MethodsX (Jan 2021)
Optimization methods for the imputation of missing values in Educational Institutions Data
Abstract
The imputation of missing values in the detail data of Educational Institutions is a difficult task. These data contain multivariate time series, which cannot be satisfactory imputed by many existing imputation techniques. Moreover, almost all the data of an Institution are interconnected: the number of graduates is not independent from the number of students, the expenditure is not independent from the staff, etc. In other words, each imputed value has an impact on the whole set of data of the institution. Therefore, imputation techniques for this specific case should be designed very carefully. We describe here the methods and the codes of the imputation methodology developed to impute the various patterns of missing values which appear in similar interconnected data.
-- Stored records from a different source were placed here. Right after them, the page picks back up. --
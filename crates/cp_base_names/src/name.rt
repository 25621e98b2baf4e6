//! A name as a key: it is hashed by its letters, in one call.

ghost use Rattle.std.specs.Prelude.{◌≡◌, ◌∷◌, []};
ghost use Rattle.std.specs.Str.{bytes_eq};
ghost use Rattle.std.specs.Cmp.Rules.{comparing};
ghost use Rattle.std.proofs.Common.{ap, rules};
ghost use Rattle.std.specs.Cmp.Lexicographic.{bytes_decides, nat_list_eq_equiv};

use indexmap::Equivalent;
use std::hash::{Hash, Hasher};

/// A name. It is hashed as a whole: the letters of a slice would be hashed one by one.
#[derive(Clone, Copy)]
pub struct Name<'t> {
    pub(crate) letters: &'t [u8],
}

impl PartialEq for Name<'_> {
    ghost eq = { λ x y. bytes_eq x.letters.now y.letters.now };

    ghost laws = { Prim.search (comparing, rules) };

    #[inline(always)]
    fn eq(&self, other: &Self) -> bool {
        self.letters == other.letters
    }
}

impl Eq for Name<'_> {
    ghost laws = { Prim.search (comparing, rules) };
}

impl Hash for Name<'_> {
    ghost hash_input = { λ n. n.letters.now ∷ [] };

    ghost respects_eq = { λ x y h. ap (λ l. l ∷ []) ((bytes_decides x.letters.now y.letters.now).0 h) };

    #[inline(always)]
    fn hash<H: Hasher>(&self, state: &mut H) {
        state.write(self.letters);
    }
}

// A name of one text equals the same name of another.
impl<'q, 't> Equivalent<Name<'t>> for Name<'q> {
    ghost equivalent = { λ q k. bytes_eq q.letters.now k.letters.now };

    ghost respects_hash = { λ q k h. ap (λ l. l ∷ []) ((bytes_decides q.letters.now k.letters.now).0 h) };

    ghost respects_eq = { λ q x y. nat_list_eq_equiv.congr q.letters.now x.letters.now y.letters.now };

    #[inline(always)]
    fn equivalent(&self, key: &Name<'t>) -> bool {
        self.letters == key.letters
    }
}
In particular, a first part of the proposed methodology, called ``trend smoothing imputation'', is designed to impute missing values in time series by respecting the trend and the other features of an Institution. The second part of the proposed methodology, called ``donor imputation'', is designed to impute larger chunks of missing data by using values taken form similar Institutions in order to respect again their size and trend. • Trend smoothing imputation can handle missing subsequences in time series, and is given by a weighted combination of: (a) weighed average of the other available values of the sequence, and (b) linear regression. • Donor imputation can handle full sequence missing in time series. It imputes the Recipient Institution using the values taken from a similar institution, called Donor, selected using optimization criteria. • The values imputed by our techniques should respect the trend, the size and the ratios of each Institution.